Over recent years, a generic picture of the auxin signalling mechanism leading to auxin-regulated gene expression has
been developed, and the dynamics resulting from a negative feedback loop in the auxin signalling pathway have been
modelled mathematically. However, the precise mechanisms and the gene regulatory network topology by which auxin
elicits key developmental responses (for example, the initiation of root hair growth) remain unclear. The aims of this work were therefore to introduce and test hypotheses for the auxin-dependent signalling and gene transcription networks with multiple target genes which may underlie plant responses to changing auxin levels. We have constructed new
mathematical models of gene transcriptional responses to auxin signals in Arabidopsis root cells, which represent
hypothesised gene network topologies that may be responsible for developmental responses along auxin gradients, and for root hair growth in particular. Key elements of our work include models of signalling pathways and networks involving multiple IAA proteins, ARFs and gene targets. This is an important step in modelling with multiple IAAs and ARFs and such models will undoubtedly prove necessary in further study of Arabidopsis, which has 23 ARFs and 29 IAAs. A number of hypotheses for gene regulatory networks that may be involved in developmental responses have been proposed, a specific goal of the current work being to formulate models that provide a framework for testing these hypotheses against experimental observations, notably for root hair growth. A number of models have therefore been assessed against experimental results for root hair growth over varying auxin levels and using gain-of-function mutant IAAs. Models including the effects of positive and negative feedback loops have been analysed. Positive feedback loops may lead to bistable systems whose switching behaviour may be responsible for converting graded auxin concentrations into on/off outputs. We have also highlighted the history-dependent nature of responses to auxin signals in such systems, and described how developmental responses may be switched on/off as a result of competing feedback loops. We have presented a first attempt at using mathematical models to distinguish possible mechanisms for developmental responses in Arabidopsis.
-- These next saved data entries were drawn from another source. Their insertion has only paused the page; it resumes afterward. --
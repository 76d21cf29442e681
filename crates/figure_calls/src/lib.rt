// The calls that ask for figures.
#![tactic(auto)]

ghost use Rattle.std.specs.Prelude.{◌≡◌};
ghost use Rattle.model.specs.Register as Model;
ghost use Rattle.refusals.specs.Numbers.{number_in};
ghost use Rattle.figure_calls.specs.Answers.{item_in, group_in};

use figures::Figure;
use layout::layout_of;
use refusals::refusal::Refusal;
use refusals::{test_item, test_register};
use table::facts;

// An item's figure: its coverage in percent, or none.
pub fn item_figure(table: &[u8], register: &[u32], item: usize) -> Result<Figure, Refusal>
    ensures number_value { number_in result ≡ (Model.call table.now register.now (Model.ask_item item)).response.number }
    ensures figure_value { item_in result ≡ (Model.call table.now register.now (Model.ask_item item)).response.answer }
{
    let f = facts(table)?;
    let l = layout_of(table);
    test_item(register, item, l.point_count + l.cross_count, f)?;
    let figure = coverage::figure::item_figure(table, register, item, f.counters);
    Ok(figure)
}

// The group's figure: its coverage in millionths of a percent, or none.
pub fn group_figure(table: &[u8], register: &[u32]) -> Result<Option<u32>, Refusal>
    ensures number_value { number_in result ≡ (Model.call table.now register.now Model.ask_group).response.number }
    ensures figure_value { group_in result ≡ (Model.call table.now register.now Model.ask_group).response.answer }
{
    let f = facts(table)?;
    test_register(register, f)?;
    let figure = coverage::figure::group_figure(table, register, f.counters);
    Ok(figure)
}
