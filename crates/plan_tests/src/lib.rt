//! Worked cases of plans that are shown, written and loaded, computed from the definitions of `plan_edit`. They stand here, and not
//! in its `specs/`, since every crate above it would load them.
#![tactic(auto)]
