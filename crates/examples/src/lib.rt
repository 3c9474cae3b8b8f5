// No code: the starred examples of document 01 as one table, and the theorem that every row of it holds.
#![tactic(auto)]
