// What a world stands for after each call.
ghost use Rattle.mich_world.specs.simulation.Laws.{NewWorldsAgree, ClocksAgree, RatesAgree, PaymentsAgree, ContractsAgree, AccountsAgree, ReceiversAgree, GrantsAgree, InstallsAgree, CommitsAgree, RunsAgree, RunEndsAgree, CreditsAgree, DebitsAgree, CreditsMakeAccounts, SameWorldsAgree, MarksAgree, KeepingAgrees};

/// A world of nobody stands for a new one.
pub fn new_worlds_agree()
    ensures { NewWorldsAgree }
{}

/// After the clock is set a world stands for that with this clock.
pub fn clocks_agree()
    ensures { ClocksAgree }
{}

/// After the rate is set a world stands for that with this rate.
pub fn rates_agree()
    ensures { RatesAgree }
{}

/// After a contract has paid for its size a world stands for that in which it has (Octez "Operations", storage fees and burn).
pub fn payments_agree()
    ensures { PaymentsAgree }
{}

/// A grant answers what the rules say, and a world stands for that after it.
pub fn grants_agree()
    ensures { GrantsAgree }
{}

/// After a contract is made a world stands for that with the contract (Octez "Operations", originations).
pub fn installs_agree()
    ensures { InstallsAgree }
{}

/// After a contract has a new storage a world stands for that with this storage.
pub fn commits_agree()
    ensures { CommitsAgree }
{}

/// A world that code has changed stands for that with the changes of tickets at the end of the log.
pub fn runs_agree()
    ensures { RunsAgree }
{}

/// After the run of a contract a world stands for that with the new storage, and with the changes at the end of the log (Octez
/// "Operations", transactions).
pub fn run_ends_agree()
    ensures { RunEndsAgree }
{}

/// After a ticket came to an account a world stands for that in which the account holds it (Octez "Tickets").
pub fn credits_agree()
    ensures { CreditsAgree }
{}

/// After a ticket went from an account a world stands for that in which the account holds it no more (Octez "Tickets").
pub fn debits_agree()
    ensures { DebitsAgree }
{}

/// An account that a move of no mutez makes holds a ticket as if the ticket had made it.
pub fn credits_make_accounts()
    ensures { CreditsMakeAccounts }
{}

/// Worlds that are the same stand for the same.
pub fn same_worlds_agree()
    ensures { SameWorldsAgree }
{}

/// A world that is taken back to a mark stands for what it stood for there.
pub fn marks_agree()
    ensures { MarksAgree }
{}

/// The end of all marks leaves what a world stands for.
pub fn keeping_agrees()
    ensures { KeepingAgrees }
{}

/// A contract of a world stands for that of the world that it stands for.
pub fn contracts_agree()
    ensures { ContractsAgree }
{}

/// An account of a world has the balance that it has in the world that it stands for.
pub fn accounts_agree()
    ensures { AccountsAgree }
{}

/// Mutez may come to a place exactly where it is an account's, or a contract's that is there.
pub fn receivers_agree()
    ensures { ReceiversAgree }
{}
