//! Laws of tickets: evaluation, and a run of a contract, neither make nor lose a ticket but by minting and burning.
ghost use Rattle.laws_code.specs.evaluation.Laws.{LinearTickets};
ghost use Rattle.rules_world.specs.world.RunLaws.{RunsKeepTickets};
ghost use Rattle.laws_tickets.specs.runs.Laws.{EvaluationKeepsTotals, TicketsAreLinear};

/// What is on the stack and in issued operations, with what was burnt and less what was minted, stays as it is, whatever
/// code is evaluated (Octez "Tickets").
pub fn evaluation_keeps_totals()
    ensures { EvaluationKeepsTotals }
{}

/// Typed code on values of its types neither makes nor loses a ticket but by minting and burning: tickets are on the stack, or on
/// their way with operations (Octez "Tickets").
pub fn typed_code_keeps_tickets()
    ensures { LinearTickets }
{}

/// A run of a contract that comes to its end keeps the tickets of each identity: those in the argument, in the storage
/// before it and the minted ones are those in the storage behind it, in the returned operations and the burnt ones
/// (Octez "Tickets").
pub fn tickets_are_linear()
    ensures { TicketsAreLinear }
{}

/// The same, as a law of the runs of contracts.
pub fn runs_keep_tickets()
    ensures { RunsKeepTickets }
{}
Given the number of ARFs and IAAs that may be involved, we anticipate the development of further and more complex
models as more experimental data become available to underpin them. The modelling framework and insights obtained should, however, form a valuable basis for more complex models studying the effects of homo- and hetero-dimerisation of ARFs and IAAs, for example.
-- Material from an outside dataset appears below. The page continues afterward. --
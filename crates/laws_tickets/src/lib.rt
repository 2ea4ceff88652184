//! Laws of tickets: code and runs neither make nor lose one but by minting and burning.
#![tactic(auto)]

pub mod runs;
Exploitation Route The results should be of interest to those interested in the wide variety of processes regulated by plant hormones and, more generally, by those concerned with the identification of regulatory mechanisms within multicellular organisms.
Sectors Agriculture, Food and Drink

 
Description The work has focussed on multidisciplinary collaborations within the academic sector. The collaboration with the University of Leeds is ongoing and the research has also contributed to other developments within plant integrative biology.